Выпив с дороги красного свекольного квасу, пошел на малое озеро за домом и, сидя на пенечке, глядел бездумно в черную, в золотую воду, пахнувшую торфом и аиром. Иногда он переводил глаза на свои руки, раскрывал их перед собою, сжимал и разжимал пальцы. Ему все хотелось поосязать то, что само пришло и легло ему в руки, — власть. Руки были белые, тяжелые от природной крестьянской силы, и не власть он ощущал, а непонятную, неприличную тоску по работе.
Весьма собою недовольный, он шел под навес, брал топор и заранее приготовленный для него брус. Рубил из бруса очередное топорище, тихонько вздыхая, наслаждаясь запахом свежего дерева и любуясь ловким делом своих не разучившихся рук.
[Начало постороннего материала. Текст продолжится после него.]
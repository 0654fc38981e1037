// The identities of a cluster, a configuration, a request, and of one incarnation of a voter slot.
//
// Ported from crates/opc-consensus/src/identity.rs and
// crates/opc-consensus/src/voter_slots/identity.rs of openpacketcore-sdk, commit 717de332e7,
// Apache-2.0 (see NOTICE). Changed: a type that wraps one number or array is that number or array
// (document 01 lets a table carry any value and refuses it with 30, so a type cannot rule one out),
// and what made it is a check of the number; what hashes, serializes or prints is left out.
ghost use Rattle.std.specs.Prelude.{◌≡◌};
ghost use Rattle.identity.specs.Identity.{validate_slot_id, validate_voter_incarnation, next_voter_incarnation, is_configuration_epoch, is_consensus_node_id, validate_voter_slot_identity, new_voter_slot_identity, node_id, from_node_id};

use crate::answer::{Answer, Refusal};

// Fixed-width, domain-separated identity of one consensus cluster.
pub type ConsensusClusterId = [u8; 32];

// Fixed-width identity of one exact order-independent configuration.
pub type ConsensusConfigurationId = [u8; 32];

// Monotonic operator-controlled membership and configuration epoch.
pub type ConsensusConfigurationEpoch = u64;

// Canonical architecture-independent Raft node ordinal.
pub type ConsensusNodeId = u64;

// Durable fixed-width identity of one submitted command.
pub type ConsensusRequestId = [u8; 16];

// Stable nonzero slot ordinal assigned by the immutable installation manifest.
pub type SlotId = u16;

// Positive incarnation within a stable slot, never reused after retirement.
pub type VoterIncarnation = u64;

// Largest node id, 2^63 - 1: the engine's stores keep signed numbers of 64 bits.
pub const CONSENSUS_NODE_ID_MAX: ConsensusNodeId = 9223372036854775807;

// Largest incarnation, 2^47: with it a node id still fits 63 bits.
pub const MAX_VOTER_INCARNATION: VoterIncarnation = 140737488355328;

// How many node ids one incarnation number takes: one for each number below 65,536, slots and 0.
const NODE_ID_SPAN: ConsensusNodeId = 65536;

// The scope of a configuration: its cluster, its digest and its epoch.
#[derive(Clone, Copy, Default)]
pub struct ConsensusIdentity {
    // Cluster identity digest.
    pub cluster_id: ConsensusClusterId,
    // Exact configuration digest.
    pub configuration_id: ConsensusConfigurationId,
    // Monotonic configuration epoch.
    pub configuration_epoch: ConsensusConfigurationEpoch,
}

// Incarnation-qualified identity, scoped by the enclosing installation id.
#[repr(C)]
#[derive(Clone, Copy, Default, PartialEq, Eq)]
pub struct VoterSlotIdentity {
    // Stable ordinal assigned by the immutable installation manifest, 1 to 65,535.
    pub slot: SlotId,
    // Positive within its slot, at most 2^47, never reused after retirement.
    pub incarnation: VoterIncarnation,
}

// `SlotId::new`: a slot is 1 to 65,535.
pub fn validate_slot_id(value: SlotId) -> Answer
    ensures { result ≡ validate_slot_id value }
{
    if value == 0 {
        return Err(Refusal::InvalidSlot);
    }
    Ok(())
}

// `VoterIncarnation::new`: an incarnation is 1 to 2^47.
pub fn validate_voter_incarnation(value: VoterIncarnation) -> Answer
    ensures { result ≡ validate_voter_incarnation value }
{
    if value == 0 {
        return Err(Refusal::InvalidIncarnation);
    }
    if MAX_VOTER_INCARNATION < value {
        return Err(Refusal::InvalidIncarnation);
    }
    Ok(())
}

// `VoterIncarnation::next`. A number that is no incarnation has none after it.
#[tactic(auto, unfolding(crate::specs::Identity::next_voter_incarnation))]
pub fn next_voter_incarnation(incarnation: VoterIncarnation) -> Result<u64, Refusal>
    ensures { result ≡ next_voter_incarnation incarnation }
{
    if incarnation == MAX_VOTER_INCARNATION {
        return Err(Refusal::IncarnationExhausted);
    }
    validate_voter_incarnation(incarnation)?;
    Ok(incarnation + 1)
}

// `ConsensusConfigurationEpoch::new`: an epoch is 1 or more.
pub fn is_configuration_epoch(value: ConsensusConfigurationEpoch) -> bool
    ensures { result ≡ is_configuration_epoch value }
{
    1 <= value
}

// `ConsensusNodeId::new`: a node id is 1 to 2^63 - 1. An observation does not ask this: it refuses
// ids from 2^63 on with 30, and compares 0, which the original's type can hold all the same.
pub fn is_consensus_node_id(value: ConsensusNodeId) -> bool
    ensures { result ≡ is_consensus_node_id value }
{
    (1 <= value) & (value <= CONSENSUS_NODE_ID_MAX)
}

impl VoterSlotIdentity {
    // The identity of an incarnation of a slot.
    #[tactic(auto, unfolding(crate::specs::Identity::new_voter_slot_identity))]
    pub fn new(slot: SlotId, incarnation: VoterIncarnation) -> Result<VoterSlotIdentity, Refusal>
        ensures { result ≡ new_voter_slot_identity slot incarnation }
    {
        let identity = VoterSlotIdentity { slot, incarnation };
        identity.validate()?;
        Ok(identity)
    }

    // Whether the slot and the incarnation are in their ranges. The slot is tested first.
    #[tactic(auto, unfolding(crate::specs::Identity::validate_slot_id, crate::specs::Identity::validate_voter_incarnation, crate::specs::Identity::validate_voter_slot_identity))]
    pub fn validate(self) -> Answer
        ensures { result ≡ validate_voter_slot_identity self }
    {
        validate_slot_id(self.slot)?;
        validate_voter_incarnation(self.incarnation)
    }

    // The engine's number for the identity: (incarnation - 1) * 65,536 + slot.
    #[tactic(auto, unfolding(crate::specs::Identity::node_id))]
    pub fn node_id(self) -> Result<u64, Refusal>
        ensures { result ≡ node_id self }
    {
        self.validate()?;
        Ok((self.incarnation - 1) * NODE_ID_SPAN + self.slot as u64)
    }

    // Reverses `node_id`, for any 64-bit number.
    pub fn from_node_id(node: ConsensusNodeId) -> Result<VoterSlotIdentity, Refusal>
        ensures { result ≡ from_node_id node }
    {
        VoterSlotIdentity::new((node % NODE_ID_SPAN) as u16, node / NODE_ID_SPAN + 1)
    }
}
Топорище он никогда не доделывал, все бросал вдруг и, не заходя в дом, садился в тайную свою карету и ехал сначала в слободку возле Андроникова монастыря, а уж оттуда в другой карете в Китай-город, где карета опять менялась, и уж отсюда он отправлялся в Кремль, в палаты Годунова, где жил до полного завершения работ в своих патриарших.
Князь Дмитрий Мещерский привез в строящийся Иверский монастырь киевских резчиков по камню.
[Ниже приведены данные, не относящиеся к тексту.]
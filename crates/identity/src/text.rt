// Names, snapshot ids and strict names.
//
// Ported from the rules on text in crates/opc-consensus/src/voter_slots/validation.rs
// (`LostVoterAttestationV1::validate`, `VoterReplacementEvidence::validate`) of openpacketcore-sdk,
// commit 717de332e7, Apache-2.0 (see NOTICE). Changed: each rule is a function of bytes, with the
// test for UTF-8 and the bound on the length in it; Rust's `char::is_control` and
// `char::is_whitespace` are written out; the strict name is new.
ghost use Rattle.std.specs.Prelude.{◌≡◌, ◌<◌};
ghost use Rattle.identity.specs.Utf8.{octets, within, all_chars};
ghost use Rattle.identity.specs.Text.{is_control, is_in, is_whitespace, allows, first_ascii, last_ascii, is_utf8, every, starts_with, is_name, is_snapshot_id, is_domain_byte, is_segment_byte, split, are_strict_parts, is_strict_name, next_part};

use crate::utf8::decode;

// Bytes of `spiffe://`, with which every name begins.
const SCHEME_BYTES: usize = 9;
// Shortest name, in bytes.
const MIN_VOTER_SPIFFE_ID_BYTES: usize = SCHEME_BYTES + 1;
// Longest name, in bytes.
pub const MAX_VOTER_SPIFFE_ID_BYTES: usize = 2048;
// Longest snapshot id, in bytes.
pub const MAX_VOTER_SNAPSHOT_ID_BYTES: usize = 256;
// Longest trust domain of a strict name, in bytes.
const MAX_TRUST_DOMAIN_BYTES: usize = 255;

// Unicode's 25 White_Space code points.
const WHITE_SPACE: [u32; 25] = [
    0x0009, 0x000A, 0x000B, 0x000C, 0x000D, 0x0020, 0x0085, 0x00A0, 0x1680, 0x2000, 0x2001, 0x2002,
    0x2003, 0x2004, 0x2005, 0x2006, 0x2007, 0x2008, 0x2009, 0x200A, 0x2028, 0x2029, 0x202F, 0x205F,
    0x3000,
];

// Which characters a text may hold.
#[derive(Clone, Copy)]
pub enum Allowed {
    Any,
    NoControl,
    NoControlNoWhitespace,
}

// The part of a strict name that is being read. By the library's `split` a part's bytes would be
// passed twice, once in search of the slash after it and once to be judged.
#[derive(Clone, Copy)]
struct Part {
    // Whether all was right so far: a test, with no value that it would stand beside.
    good: bool,
    // Whether the part is the trust domain.
    in_domain: bool,
    // How many of its bytes were read.
    run: usize,
}

// Whether the bytes are UTF-8.
pub fn is_utf8(bytes: &[u8]) -> bool
    ensures { result ≡ is_utf8 bytes.now }
{
    all_allowed(bytes, Allowed::Any)
}

// Whether the bytes are the name of a controller or a candidate.
pub fn is_name(bytes: &[u8]) -> bool
    ensures { result ≡ is_name bytes.now }
{
    if bytes.len() < MIN_VOTER_SPIFFE_ID_BYTES {
        return false;
    }
    if MAX_VOTER_SPIFFE_ID_BYTES < bytes.len() {
        return false;
    }
    if !bytes.starts_with(b"spiffe://") {
        return false;
    }
    all_allowed(bytes, Allowed::NoControlNoWhitespace)
}

// Whether the bytes are the id of a snapshot.
pub fn is_snapshot_id(bytes: &[u8]) -> bool
    ensures { result ≡ is_snapshot_id bytes.now }
{
    if bytes.len() < 1 {
        return false;
    }
    if MAX_VOTER_SNAPSHOT_ID_BYTES < bytes.len() {
        return false;
    }
    all_allowed(bytes, Allowed::NoControl)
}

// Whether the bytes are a strict name, after the SPIFFE-ID standard.
pub fn is_strict_name(bytes: &[u8]) -> bool
    ensures { result ≡ is_strict_name bytes.now }
{
    if MAX_VOTER_SPIFFE_ID_BYTES < bytes.len() {
        return false;
    }
    if !bytes.starts_with(b"spiffe://") {
        return false;
    }
    are_strict_parts(&bytes[SCHEME_BYTES..])
}

// Whether the code point is a control character.
pub fn is_control(code: u32) -> bool
    ensures { result ≡ is_control code }
{
    (code <= 0x1F) | ((0x7F <= code) & (code <= 0x9F))
}

// Whether the code point is one of Unicode's White_Space. Most scripts lie where the list has
// nothing, so that these ranges spare the walk through it.
pub fn is_whitespace(code: u32) -> bool
    ensures { result ≡ is_whitespace code }
{
    if (0x20 < code) & (code < 0x85) {
        return false;
    }
    if (0xA0 < code) & (code < 0x1680) {
        return false;
    }
    if 0x3000 < code {
        return false;
    }
    contains(&WHITE_SPACE, code)
}

// Whether the code point is in the list. No early exit, as the library's `contains` has one, so that
// several are compared at once.
#[tactic(auto, unfolding(crate::specs::Text::is_in))]
fn contains(list: &[u32], code: u32) -> bool
    ensures { result ≡ is_in list.now code }
{
    let mut found = false;
    for one in list {
        found = found | (*one == code);
    }
    found
}

// Whether the rule allows the code point.
fn is_allowed(rule: Allowed, code: u32) -> bool
    ensures { result ≡ allows rule code }
{
    match rule {
        Allowed::Any => true,
        Allowed::NoControl => !is_control(code),
        Allowed::NoControlNoWhitespace => !is_control(code) & !is_whitespace(code),
    }
}

// Whether the bytes are UTF-8 whose characters the rule allows. Text that is all ASCII, which
// nearly every name is, is judged many bytes at a time.
fn all_allowed(bytes: &[u8], rule: Allowed) -> bool
    ensures { result ≡ all_chars (allows rule) bytes.now }
{
    if all_within(bytes, first_ascii(rule), last_ascii(rule)) {
        return true;
    }
    all_chars(bytes, rule)
}

// The least ASCII character that the rule allows. It allows all of them from here to `last_ascii`.
fn first_ascii(rule: Allowed) -> u8
    ensures { result ≡ first_ascii rule }
{
    match rule {
        Allowed::Any => 0x00,
        Allowed::NoControl => 0x20,
        Allowed::NoControlNoWhitespace => 0x21,
    }
}

// The greatest ASCII character that the rule allows.
fn last_ascii(rule: Allowed) -> u8
    ensures { result ≡ last_ascii rule }
{
    match rule {
        Allowed::Any => 0x7F,
        Allowed::NoControl => 0x7E,
        Allowed::NoControlNoWhitespace => 0x7E,
    }
}

// Whether every byte lies from low to high. No early exit, as the library's `all` has one, so that
// sixteen are compared at once.
#[tactic(auto, using(crate::specs::TextLaws::all_more), unfolding(crate::specs::Text::every))]
fn all_within(bytes: &[u8], low: u8, high: u8) -> bool
    ensures { result ≡ every (within (octets low high)) bytes.now }
{
    let mut all = true;
    for byte in bytes {
        all = all & ((low <= *byte) & (*byte <= high));
    }
    all
}

// The same, character by character. Each takes from one to four bytes, so that no range of places
// and no iterator of the library goes from one to the next.
#[tactic(auto, using(crate::specs::TextLaws::refused_char, crate::specs::TextLaws::allowed_char, crate::specs::Utf8Laws::all_chars_end, crate::specs::Utf8Laws::char_within))]
fn all_chars(bytes: &[u8], rule: Allowed) -> bool
    ensures { result ≡ all_chars (allows rule) bytes.now }
{
    let mut rest = bytes;
    while let Some((code, width)) = decode(rest) {
        if !is_allowed(rule, code) {
            return false;
        }
        let (_, later) = rest.split_at(width);
        rest = later;
    }
    rest.is_empty()
}

// The trust domain and the segments after it, with slashes between them.
fn are_strict_parts(bytes: &[u8]) -> bool
    ensures { result ≡ are_strict_parts (split bytes.now) }
{
    let mut part = Part {
        good: true,
        in_domain: true,
        run: 0,
    };
    for byte in bytes {
        part = next_part(part, *byte);
    }
    part.good & (0 < part.run)
}

// One more byte: a slash ends a part, which must not be empty; any other byte must be one of those
// that the part may hold, and a trust domain holds 255 at most.
fn next_part(part: Part, b: u8) -> Part
    requires { part.run < 9223372036854775808 }
    ensures { result ≡ next_part part b }
{
    if b == b'/' {
        return Part {
            good: part.good & (0 < part.run),
            in_domain: false,
            run: 0,
        };
    }
    if part.in_domain {
        return Part {
            good: part.good & (is_domain_byte(b) & (part.run < MAX_TRUST_DOMAIN_BYTES)),
            in_domain: true,
            run: part.run + 1,
        };
    }
    Part {
        good: part.good & is_segment_byte(b),
        in_domain: false,
        run: part.run + 1,
    }
}

// What a trust domain may hold.
fn is_domain_byte(b: u8) -> bool
    ensures { result ≡ is_domain_byte b }
{
    ((b'a' <= b) & (b <= b'z'))
        | (((b'0' <= b) & (b <= b'9')) | ((b == b'.') | ((b == b'-') | (b == b'_'))))
}

// What a segment may hold: upper case letters too.
fn is_segment_byte(b: u8) -> bool
    ensures { result ≡ is_segment_byte b }
{
    ((b'A' <= b) & (b <= b'Z')) | is_domain_byte(b)
}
Порядок на строительстве был такой строгий, что князь, проверив счета и дела, сначала горестно оплакивал свой несчастный жребий, а потом впадал в ярость, устраивая порку за самые ничтожные провинности. Попользоваться хоть чем-то с этого огромного строительства было совершенно невозможно. За эту напасть ненавидеть бы Никона, и он его ненавидел, да только самому себе признаться в том духа не было. Но велика ли от негодования прибыль? Выпоров с полсотни людей, князь Мещерский слегка утешился и тут на свежую голову вспомнил про старую, верную боярскую затею — про пиры.